TASK STATEMENT: Tally every line of the material where "inner" occurs, then write the total by itself.

THE DATA:
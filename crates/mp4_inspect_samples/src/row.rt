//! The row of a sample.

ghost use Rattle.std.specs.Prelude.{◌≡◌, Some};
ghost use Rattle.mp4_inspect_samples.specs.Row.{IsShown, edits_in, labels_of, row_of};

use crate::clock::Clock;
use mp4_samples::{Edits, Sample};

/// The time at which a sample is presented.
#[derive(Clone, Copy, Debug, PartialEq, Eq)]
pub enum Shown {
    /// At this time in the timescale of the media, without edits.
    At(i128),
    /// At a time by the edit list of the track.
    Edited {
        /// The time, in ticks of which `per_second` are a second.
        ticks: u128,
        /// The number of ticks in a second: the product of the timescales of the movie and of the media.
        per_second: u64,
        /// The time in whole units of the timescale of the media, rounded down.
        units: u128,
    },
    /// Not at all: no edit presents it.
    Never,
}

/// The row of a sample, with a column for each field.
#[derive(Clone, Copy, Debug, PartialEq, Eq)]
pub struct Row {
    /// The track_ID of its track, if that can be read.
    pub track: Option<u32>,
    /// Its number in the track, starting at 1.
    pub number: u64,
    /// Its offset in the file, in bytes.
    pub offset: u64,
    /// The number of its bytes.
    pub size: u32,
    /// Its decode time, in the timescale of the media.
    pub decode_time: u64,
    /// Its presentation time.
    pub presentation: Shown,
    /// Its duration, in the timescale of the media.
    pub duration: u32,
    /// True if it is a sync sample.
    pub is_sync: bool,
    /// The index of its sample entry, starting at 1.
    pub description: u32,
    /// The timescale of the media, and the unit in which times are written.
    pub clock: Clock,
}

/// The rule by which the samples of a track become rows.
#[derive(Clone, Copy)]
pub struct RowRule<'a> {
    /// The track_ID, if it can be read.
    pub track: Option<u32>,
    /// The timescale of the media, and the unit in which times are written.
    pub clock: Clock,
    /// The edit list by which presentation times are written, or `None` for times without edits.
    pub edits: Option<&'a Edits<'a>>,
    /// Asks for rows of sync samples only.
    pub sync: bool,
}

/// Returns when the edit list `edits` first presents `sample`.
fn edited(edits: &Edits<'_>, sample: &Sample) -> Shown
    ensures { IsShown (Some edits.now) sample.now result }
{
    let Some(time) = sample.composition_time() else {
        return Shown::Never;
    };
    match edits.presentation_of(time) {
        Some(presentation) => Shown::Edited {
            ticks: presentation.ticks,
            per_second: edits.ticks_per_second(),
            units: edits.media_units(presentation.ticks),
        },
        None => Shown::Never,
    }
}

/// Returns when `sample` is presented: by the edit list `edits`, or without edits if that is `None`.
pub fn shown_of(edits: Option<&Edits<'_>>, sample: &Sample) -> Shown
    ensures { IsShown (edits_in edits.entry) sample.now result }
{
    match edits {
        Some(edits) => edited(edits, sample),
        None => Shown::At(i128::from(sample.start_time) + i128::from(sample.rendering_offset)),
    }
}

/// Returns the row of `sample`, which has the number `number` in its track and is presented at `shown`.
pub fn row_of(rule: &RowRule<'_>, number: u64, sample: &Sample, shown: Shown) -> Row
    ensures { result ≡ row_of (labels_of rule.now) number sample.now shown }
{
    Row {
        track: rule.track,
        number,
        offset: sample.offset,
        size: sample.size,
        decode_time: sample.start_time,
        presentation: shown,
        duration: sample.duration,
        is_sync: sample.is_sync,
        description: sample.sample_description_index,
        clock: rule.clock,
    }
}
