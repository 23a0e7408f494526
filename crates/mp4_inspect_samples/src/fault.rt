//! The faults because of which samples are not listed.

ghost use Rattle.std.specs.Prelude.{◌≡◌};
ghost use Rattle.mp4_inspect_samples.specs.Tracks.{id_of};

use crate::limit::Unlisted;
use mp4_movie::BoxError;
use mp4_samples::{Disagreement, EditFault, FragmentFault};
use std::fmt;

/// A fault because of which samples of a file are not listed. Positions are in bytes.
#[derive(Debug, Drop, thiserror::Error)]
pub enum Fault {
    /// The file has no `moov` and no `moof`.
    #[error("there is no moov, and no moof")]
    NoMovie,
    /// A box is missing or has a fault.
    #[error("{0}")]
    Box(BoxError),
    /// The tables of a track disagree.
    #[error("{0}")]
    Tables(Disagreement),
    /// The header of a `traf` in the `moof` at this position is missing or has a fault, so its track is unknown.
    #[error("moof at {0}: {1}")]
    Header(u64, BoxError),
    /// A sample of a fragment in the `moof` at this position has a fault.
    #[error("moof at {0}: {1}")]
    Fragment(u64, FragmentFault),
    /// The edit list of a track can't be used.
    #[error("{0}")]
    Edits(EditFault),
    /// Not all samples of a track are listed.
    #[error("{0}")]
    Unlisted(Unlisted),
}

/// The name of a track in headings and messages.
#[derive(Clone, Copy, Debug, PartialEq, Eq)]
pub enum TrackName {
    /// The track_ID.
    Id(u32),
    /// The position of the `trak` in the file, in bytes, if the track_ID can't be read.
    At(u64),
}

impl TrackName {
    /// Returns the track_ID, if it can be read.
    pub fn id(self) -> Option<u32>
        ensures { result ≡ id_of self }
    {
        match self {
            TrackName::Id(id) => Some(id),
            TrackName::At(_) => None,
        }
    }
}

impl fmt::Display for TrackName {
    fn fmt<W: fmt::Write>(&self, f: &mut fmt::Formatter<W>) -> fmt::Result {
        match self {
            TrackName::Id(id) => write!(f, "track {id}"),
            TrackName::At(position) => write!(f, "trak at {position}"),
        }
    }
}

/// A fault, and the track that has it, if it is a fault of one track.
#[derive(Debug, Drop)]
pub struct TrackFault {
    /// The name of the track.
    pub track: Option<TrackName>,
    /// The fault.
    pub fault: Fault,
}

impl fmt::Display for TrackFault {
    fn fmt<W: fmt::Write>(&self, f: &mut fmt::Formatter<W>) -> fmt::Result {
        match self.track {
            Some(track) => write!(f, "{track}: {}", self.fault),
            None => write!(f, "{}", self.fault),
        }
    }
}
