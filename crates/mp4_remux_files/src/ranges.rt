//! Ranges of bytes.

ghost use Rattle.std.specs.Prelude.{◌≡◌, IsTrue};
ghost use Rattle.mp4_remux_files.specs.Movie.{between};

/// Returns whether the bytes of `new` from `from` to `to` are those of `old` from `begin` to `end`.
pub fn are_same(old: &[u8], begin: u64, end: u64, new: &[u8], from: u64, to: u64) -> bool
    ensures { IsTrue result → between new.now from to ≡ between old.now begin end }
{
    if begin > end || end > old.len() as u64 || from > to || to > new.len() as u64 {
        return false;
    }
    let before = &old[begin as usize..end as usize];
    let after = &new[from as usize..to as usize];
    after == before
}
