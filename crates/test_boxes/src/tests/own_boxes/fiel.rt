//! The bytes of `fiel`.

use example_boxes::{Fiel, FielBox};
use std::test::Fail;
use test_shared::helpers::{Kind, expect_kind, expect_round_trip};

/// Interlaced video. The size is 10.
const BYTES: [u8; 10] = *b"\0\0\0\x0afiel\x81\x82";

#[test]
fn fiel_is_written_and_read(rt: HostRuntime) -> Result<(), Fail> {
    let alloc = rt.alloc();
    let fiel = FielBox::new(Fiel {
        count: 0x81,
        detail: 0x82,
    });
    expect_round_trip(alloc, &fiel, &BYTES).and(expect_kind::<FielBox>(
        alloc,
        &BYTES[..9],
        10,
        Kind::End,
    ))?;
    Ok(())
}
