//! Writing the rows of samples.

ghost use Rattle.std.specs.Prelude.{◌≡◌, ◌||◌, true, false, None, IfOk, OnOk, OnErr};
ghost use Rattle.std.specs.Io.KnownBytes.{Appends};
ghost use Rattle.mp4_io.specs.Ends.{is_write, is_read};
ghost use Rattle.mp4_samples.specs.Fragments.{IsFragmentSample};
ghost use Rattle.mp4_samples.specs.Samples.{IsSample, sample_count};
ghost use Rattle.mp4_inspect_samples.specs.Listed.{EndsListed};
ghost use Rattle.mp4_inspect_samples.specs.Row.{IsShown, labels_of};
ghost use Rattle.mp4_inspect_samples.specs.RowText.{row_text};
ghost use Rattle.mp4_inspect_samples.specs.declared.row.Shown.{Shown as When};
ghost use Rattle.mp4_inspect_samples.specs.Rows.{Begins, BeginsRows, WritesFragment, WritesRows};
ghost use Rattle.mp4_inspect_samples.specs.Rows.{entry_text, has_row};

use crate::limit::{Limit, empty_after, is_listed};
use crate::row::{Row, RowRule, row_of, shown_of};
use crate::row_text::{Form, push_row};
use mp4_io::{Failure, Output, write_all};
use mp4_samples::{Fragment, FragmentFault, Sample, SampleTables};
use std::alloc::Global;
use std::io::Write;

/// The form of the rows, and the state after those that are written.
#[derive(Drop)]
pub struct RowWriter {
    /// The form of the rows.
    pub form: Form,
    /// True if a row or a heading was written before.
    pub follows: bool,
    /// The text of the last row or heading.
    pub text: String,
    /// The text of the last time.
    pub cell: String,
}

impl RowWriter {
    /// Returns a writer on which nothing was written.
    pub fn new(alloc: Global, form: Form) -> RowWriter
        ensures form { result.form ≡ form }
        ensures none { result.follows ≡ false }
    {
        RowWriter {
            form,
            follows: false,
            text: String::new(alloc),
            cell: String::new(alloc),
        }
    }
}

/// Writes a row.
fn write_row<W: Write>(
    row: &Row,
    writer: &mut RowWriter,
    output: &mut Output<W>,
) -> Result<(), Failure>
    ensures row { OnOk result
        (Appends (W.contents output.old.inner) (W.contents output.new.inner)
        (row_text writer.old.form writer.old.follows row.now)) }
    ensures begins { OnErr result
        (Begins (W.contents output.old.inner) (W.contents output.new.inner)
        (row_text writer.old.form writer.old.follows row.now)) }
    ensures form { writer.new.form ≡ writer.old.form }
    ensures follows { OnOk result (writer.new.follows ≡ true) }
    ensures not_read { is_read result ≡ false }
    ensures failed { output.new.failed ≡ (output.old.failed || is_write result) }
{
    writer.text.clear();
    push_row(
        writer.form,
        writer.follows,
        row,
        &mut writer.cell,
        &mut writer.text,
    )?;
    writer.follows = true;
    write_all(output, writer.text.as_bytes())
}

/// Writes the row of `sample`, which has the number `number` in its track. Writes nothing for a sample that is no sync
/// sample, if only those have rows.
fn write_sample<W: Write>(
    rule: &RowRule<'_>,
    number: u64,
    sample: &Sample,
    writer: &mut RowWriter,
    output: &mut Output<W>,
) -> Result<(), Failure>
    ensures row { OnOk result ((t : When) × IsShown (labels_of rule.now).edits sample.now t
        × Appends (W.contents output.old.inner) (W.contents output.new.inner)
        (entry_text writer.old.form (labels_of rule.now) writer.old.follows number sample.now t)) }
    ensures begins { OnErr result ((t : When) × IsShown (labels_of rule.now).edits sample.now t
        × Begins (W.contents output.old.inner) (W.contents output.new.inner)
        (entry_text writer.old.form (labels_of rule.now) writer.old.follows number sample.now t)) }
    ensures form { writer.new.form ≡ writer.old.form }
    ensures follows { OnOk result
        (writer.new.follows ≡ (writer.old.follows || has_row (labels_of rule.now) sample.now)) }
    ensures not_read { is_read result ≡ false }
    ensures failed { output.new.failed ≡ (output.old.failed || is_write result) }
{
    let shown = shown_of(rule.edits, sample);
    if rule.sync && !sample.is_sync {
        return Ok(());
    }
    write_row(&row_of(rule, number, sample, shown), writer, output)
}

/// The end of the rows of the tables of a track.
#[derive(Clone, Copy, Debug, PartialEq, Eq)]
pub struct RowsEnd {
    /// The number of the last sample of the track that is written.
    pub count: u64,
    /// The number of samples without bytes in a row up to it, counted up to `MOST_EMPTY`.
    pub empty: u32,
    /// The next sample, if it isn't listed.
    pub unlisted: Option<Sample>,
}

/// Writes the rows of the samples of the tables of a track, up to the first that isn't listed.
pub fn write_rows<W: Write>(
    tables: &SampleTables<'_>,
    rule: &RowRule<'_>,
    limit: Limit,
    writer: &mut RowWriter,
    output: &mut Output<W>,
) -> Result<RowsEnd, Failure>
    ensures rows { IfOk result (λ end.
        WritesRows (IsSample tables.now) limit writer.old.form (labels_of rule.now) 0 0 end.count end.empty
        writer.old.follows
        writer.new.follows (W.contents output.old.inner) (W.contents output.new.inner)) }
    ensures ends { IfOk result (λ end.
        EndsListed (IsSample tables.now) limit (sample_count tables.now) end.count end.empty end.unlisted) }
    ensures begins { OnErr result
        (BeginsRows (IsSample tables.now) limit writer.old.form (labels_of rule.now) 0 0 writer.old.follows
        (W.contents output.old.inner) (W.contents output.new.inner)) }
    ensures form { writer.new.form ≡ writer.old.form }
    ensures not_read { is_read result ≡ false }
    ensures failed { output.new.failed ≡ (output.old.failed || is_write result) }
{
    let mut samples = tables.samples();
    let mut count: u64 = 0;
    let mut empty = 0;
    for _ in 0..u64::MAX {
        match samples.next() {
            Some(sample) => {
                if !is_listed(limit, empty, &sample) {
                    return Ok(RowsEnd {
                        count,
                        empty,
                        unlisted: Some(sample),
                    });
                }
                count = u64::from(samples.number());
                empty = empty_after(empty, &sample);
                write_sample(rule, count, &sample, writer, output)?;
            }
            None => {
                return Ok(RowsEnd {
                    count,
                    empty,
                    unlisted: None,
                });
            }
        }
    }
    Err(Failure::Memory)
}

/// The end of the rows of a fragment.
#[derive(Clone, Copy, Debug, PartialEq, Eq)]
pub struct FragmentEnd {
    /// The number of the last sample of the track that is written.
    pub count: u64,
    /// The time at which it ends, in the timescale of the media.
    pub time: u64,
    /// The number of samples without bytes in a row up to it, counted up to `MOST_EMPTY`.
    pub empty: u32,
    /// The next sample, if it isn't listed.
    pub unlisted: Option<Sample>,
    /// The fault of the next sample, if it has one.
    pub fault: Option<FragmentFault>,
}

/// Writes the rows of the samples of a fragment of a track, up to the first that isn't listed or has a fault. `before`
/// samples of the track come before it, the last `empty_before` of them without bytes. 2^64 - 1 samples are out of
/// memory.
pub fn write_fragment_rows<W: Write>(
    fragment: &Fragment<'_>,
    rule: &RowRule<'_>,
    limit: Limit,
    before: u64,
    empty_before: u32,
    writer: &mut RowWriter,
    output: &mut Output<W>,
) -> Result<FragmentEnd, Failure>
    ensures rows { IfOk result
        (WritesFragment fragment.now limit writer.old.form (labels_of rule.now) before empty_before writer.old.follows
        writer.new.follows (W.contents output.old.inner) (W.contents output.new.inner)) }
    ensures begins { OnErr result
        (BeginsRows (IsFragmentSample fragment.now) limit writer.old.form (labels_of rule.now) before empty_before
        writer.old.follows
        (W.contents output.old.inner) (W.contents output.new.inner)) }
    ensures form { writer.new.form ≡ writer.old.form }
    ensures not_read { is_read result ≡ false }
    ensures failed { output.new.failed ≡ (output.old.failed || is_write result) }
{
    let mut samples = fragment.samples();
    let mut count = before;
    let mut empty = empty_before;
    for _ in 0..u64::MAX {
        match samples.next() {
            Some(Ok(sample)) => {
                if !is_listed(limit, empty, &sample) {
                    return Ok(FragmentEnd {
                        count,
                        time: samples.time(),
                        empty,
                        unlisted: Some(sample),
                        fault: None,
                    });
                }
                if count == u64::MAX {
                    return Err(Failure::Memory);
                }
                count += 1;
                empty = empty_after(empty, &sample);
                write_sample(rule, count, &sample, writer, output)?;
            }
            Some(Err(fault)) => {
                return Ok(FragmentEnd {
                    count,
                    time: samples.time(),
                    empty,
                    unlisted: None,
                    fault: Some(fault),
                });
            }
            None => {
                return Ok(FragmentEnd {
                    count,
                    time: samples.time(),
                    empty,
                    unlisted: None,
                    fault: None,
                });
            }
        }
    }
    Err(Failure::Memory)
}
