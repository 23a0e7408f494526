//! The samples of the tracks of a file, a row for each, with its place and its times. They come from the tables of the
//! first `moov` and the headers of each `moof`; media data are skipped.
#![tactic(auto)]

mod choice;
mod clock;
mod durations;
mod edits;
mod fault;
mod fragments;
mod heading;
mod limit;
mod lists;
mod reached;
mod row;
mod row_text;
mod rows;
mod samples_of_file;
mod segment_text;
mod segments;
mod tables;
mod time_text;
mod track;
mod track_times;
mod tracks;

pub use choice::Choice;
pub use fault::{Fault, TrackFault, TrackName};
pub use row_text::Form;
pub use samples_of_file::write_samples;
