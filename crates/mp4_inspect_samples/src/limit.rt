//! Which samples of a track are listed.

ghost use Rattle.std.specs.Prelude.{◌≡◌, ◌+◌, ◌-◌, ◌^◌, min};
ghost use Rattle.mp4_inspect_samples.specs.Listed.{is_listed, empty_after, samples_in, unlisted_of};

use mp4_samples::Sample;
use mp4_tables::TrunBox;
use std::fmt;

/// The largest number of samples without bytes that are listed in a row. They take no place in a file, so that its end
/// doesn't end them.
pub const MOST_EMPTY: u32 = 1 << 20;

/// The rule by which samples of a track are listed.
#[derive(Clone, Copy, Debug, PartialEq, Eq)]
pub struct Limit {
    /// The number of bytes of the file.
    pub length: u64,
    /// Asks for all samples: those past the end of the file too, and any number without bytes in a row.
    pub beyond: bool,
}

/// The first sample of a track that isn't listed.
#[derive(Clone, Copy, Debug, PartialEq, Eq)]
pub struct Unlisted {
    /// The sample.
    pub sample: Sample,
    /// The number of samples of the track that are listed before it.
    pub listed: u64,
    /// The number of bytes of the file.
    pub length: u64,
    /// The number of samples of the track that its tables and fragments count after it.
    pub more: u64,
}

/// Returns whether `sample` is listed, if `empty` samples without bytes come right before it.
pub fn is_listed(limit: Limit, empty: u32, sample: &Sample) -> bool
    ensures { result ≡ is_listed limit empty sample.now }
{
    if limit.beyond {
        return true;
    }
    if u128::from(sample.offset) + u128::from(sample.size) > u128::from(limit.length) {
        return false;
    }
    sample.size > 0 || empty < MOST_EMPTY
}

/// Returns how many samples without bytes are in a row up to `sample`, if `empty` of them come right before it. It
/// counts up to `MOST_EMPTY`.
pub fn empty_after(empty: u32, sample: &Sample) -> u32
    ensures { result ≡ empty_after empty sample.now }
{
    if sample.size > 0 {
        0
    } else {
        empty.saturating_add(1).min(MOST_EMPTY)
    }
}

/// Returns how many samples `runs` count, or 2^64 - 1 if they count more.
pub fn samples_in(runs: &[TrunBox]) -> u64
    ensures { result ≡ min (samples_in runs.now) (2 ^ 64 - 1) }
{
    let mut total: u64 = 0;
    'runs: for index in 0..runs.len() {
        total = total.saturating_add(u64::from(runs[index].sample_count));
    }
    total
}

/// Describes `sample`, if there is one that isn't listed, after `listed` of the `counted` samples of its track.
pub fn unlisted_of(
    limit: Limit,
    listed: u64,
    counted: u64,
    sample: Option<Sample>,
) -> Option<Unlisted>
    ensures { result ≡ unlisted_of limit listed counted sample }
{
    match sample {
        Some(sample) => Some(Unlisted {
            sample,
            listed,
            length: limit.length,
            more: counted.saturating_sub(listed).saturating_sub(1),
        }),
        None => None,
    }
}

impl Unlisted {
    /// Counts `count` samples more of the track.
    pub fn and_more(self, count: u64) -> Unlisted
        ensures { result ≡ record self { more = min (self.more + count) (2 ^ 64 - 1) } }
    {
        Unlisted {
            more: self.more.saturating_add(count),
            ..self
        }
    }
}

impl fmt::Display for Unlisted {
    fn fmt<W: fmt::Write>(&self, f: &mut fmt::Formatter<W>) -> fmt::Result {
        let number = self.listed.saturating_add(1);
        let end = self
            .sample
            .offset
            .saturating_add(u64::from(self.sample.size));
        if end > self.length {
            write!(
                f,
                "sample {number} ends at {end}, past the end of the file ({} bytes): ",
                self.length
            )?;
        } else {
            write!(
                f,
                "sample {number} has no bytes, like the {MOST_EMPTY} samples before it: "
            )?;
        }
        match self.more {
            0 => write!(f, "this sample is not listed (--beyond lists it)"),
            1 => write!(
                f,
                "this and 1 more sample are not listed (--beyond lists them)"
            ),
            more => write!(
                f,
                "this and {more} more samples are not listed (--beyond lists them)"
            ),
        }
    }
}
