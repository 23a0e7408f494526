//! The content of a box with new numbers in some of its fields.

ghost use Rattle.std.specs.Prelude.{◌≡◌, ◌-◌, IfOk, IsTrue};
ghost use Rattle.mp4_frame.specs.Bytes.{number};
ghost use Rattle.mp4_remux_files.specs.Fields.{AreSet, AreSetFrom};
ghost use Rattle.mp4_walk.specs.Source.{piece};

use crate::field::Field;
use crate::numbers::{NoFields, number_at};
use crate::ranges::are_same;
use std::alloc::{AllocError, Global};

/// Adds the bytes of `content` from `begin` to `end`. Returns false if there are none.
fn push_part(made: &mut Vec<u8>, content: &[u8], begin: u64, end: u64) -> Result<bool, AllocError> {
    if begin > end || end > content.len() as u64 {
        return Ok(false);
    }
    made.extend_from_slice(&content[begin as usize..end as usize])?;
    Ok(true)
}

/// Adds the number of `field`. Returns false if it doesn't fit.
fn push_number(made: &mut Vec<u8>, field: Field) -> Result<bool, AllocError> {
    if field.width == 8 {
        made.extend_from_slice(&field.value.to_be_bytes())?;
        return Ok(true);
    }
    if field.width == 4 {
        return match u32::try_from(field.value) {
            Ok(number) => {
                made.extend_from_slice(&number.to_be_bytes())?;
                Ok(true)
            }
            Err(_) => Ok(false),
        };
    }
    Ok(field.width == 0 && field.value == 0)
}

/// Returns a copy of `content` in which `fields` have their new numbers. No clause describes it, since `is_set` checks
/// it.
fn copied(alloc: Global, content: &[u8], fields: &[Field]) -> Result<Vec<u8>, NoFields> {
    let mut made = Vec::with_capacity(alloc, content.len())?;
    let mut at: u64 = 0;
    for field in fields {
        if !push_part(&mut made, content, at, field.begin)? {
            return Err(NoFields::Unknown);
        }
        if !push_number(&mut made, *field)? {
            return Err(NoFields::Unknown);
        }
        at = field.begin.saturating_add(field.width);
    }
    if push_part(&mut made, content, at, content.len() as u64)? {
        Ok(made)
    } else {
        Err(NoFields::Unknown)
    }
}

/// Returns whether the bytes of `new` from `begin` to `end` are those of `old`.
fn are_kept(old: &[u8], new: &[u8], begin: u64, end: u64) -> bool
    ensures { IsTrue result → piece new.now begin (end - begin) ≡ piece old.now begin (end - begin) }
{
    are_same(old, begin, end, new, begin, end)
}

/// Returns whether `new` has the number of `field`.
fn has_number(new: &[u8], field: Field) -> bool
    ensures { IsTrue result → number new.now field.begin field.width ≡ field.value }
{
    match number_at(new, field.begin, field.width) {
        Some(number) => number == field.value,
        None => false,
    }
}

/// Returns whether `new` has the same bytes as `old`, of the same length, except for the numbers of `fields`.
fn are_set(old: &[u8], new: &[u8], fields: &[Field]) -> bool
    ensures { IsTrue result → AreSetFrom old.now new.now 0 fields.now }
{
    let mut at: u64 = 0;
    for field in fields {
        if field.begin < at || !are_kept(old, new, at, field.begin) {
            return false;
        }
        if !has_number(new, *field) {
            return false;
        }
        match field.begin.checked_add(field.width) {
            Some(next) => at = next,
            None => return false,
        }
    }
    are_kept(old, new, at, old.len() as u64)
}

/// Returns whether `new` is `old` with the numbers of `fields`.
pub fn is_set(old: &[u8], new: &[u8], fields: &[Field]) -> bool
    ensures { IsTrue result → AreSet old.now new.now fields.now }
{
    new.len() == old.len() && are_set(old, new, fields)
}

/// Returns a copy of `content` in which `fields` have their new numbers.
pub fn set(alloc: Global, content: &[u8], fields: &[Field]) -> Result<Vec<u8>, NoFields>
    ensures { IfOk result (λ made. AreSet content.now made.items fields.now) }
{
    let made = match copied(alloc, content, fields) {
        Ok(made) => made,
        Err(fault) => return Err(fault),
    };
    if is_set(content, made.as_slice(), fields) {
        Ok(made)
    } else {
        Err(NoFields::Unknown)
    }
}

WRITTEN RESPONSE: 8